The Idea Of Sacrifice makes an indelible impression on our minds. It involves our love and the deepest feelings of the human heart, and may culminate in the surrender of life itself.
The first sacrifice in the Garden of Eden shows that sacrifice is related to sin. Rejecting their hastily adopted fig-leaf aprons, God had to step in and provide a covering for Adam and Eve. An animal was sacrificed and the skin worn. This told them that the wages of sin is death, and that any atonement, any covering or forgiveness, involves a life being taken or sacrificed. Without the shedding of blood there is no remission of sin.
To offer a sacrifice, a person desiring atonement had to place his or her hands upon the head of the sacrificial victim. This action speaks loudly: It is I who deserves to die, not this poor animal. This action also reveals the abundance of God’s grace. There is a deep sense of identity with, and feeling for, the dying animal. Death is real, my death. But I can see, surely, that a butchered lamb cannot really take away my sin and save me from death. All sacrifice under the ancient Law of Moses was a just a reminder that a perfect Lamb of God would come! We might say that these offerings were the next best thing until the Christ came. It was Jesus Christ, the Righteous One, who opened the door so that we can be made righteous by identification with him.
Popular religion throws away all this Bible teaching. Unlike God, it does not treat sin seriously. It tells us that Jesus has done it all: we don’t have to do anything. But it is not that easy!
How do we walk through this door of forgiveness? By just sitting back and doing nothing? No, by making our sacrifice! Jesus Christ has offered himself and rent the veil on our behalf. Now it is up to us! We are not called upon to be dead victims, but living sacrifices (Rom. 12:1). “Jesus Christ laid down his life for us. And we ought to lay down our lives for our brothers” (I John 3:16). God is not mocked: there is no salvation for me without sacrifice, my sacrifice. We have to ensure that “our old self is crucified with him” (Rom. 6:6). That certainly is sacrifice! I have to “beat my body and make it my slave so that after I have preached to others, I myself will not be disqualified” (I Cor. 9:27). Daily, every day, I have to take up the cross, making Jesus’ cross my own, and that certainly is sacrifice (Luke 9:23). We tend to like big events, we like drama. But it is in the smallest events of daily life that our sacrifices are most evident.
You will recall the wonderful story Jesus told about a priest and a Levite. Why did they both avoid the man in distress? Because they believed that they were saved already by their busy religious life, without making any sacrifices for anybody! How self-deceived they were! They saw only their religious duties. The Good Samaritan (Jesus) saw a need.

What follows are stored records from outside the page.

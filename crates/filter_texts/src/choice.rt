ghost use Rattle.std.specs.Prelude.{◌≡◌};

use size_values::Text;
use std::marker::Model;

/// How a field of an object is compared with a value.
#[derive(Clone, Copy, PartialEq, Eq)]
pub enum Comparison {
    /// `eq`: the field has a value, and it is this one.
    Equal,
    /// `ne`: the field has another value, or none.
    Unequal,
}

/// A comparison of one field with a value, as `name eq a` says it.
#[derive(Drop)]
pub struct Test {
    /// The name of the field, with its dots, as `config.user.x`.
    pub field: Text,
    pub comparison: Comparison,
    pub value: Text,
}

/// A step of a filter, in the order in which they are taken: a test puts a truth upon a stack, `Not` turns the
/// uppermost around, and `And` and `Or` put one truth in the place of the two uppermost.
#[derive(Drop)]
pub enum Step {
    Test(Test),
    Not,
    And,
    Or,
}

/// A filter that was read: which objects of a list it chooses. Contracts see it as the list of its steps.
#[derive(Drop)]
pub struct Choice {
    steps: Vec<Step>,
}

impl Model for Choice {
    ghost use Rattle.std.specs.Prelude.{List};
    ghost use Rattle.filter_texts.specs.declared.choice.Step.{Step};

    ghost Value = { List Step };

    ghost view = { λ c. c.steps.items };
}

impl Choice {
    /// The choice with these steps. It takes no memory.
    pub(crate) fn of(steps: Vec<Step>) -> Choice
        ensures { result ≡ steps.items }
    {
        Choice { steps }
    }

    /// The steps, in their order. After the last of them, the stack has the one truth that says whether the object is
    /// chosen.
    pub fn steps(&self) -> &[Step]
        ensures { result.now ≡ self.now }
    {
        self.steps.as_slice()
    }
}

/// A text is no filter.
#[derive(Clone, Copy, PartialEq, Eq)]
pub struct ChoiceFault {
    /// Where the first token begins that no filter can have there, in bytes from 0: the length of the text where it ends
    /// too early, and 4,096 where it is longer.
    pub place: u64,
}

Only when we learn to sacrifice do we glorify God. God’s will becomes our will, so that in time response to need becomes a part of our make-up. Our mind is “renewed” (Rom. 12:2). It is by our sacrifices that we follow Jesus, and we will hopefully pass through three phases. We will look like him, then act like him and finally be like him.
“We shall be like him”. 0 how rich the promise;
What greater could our Father’s love prepare?
His love shall keep our hearts in patient waiting
Till we in glorious beauty see his face.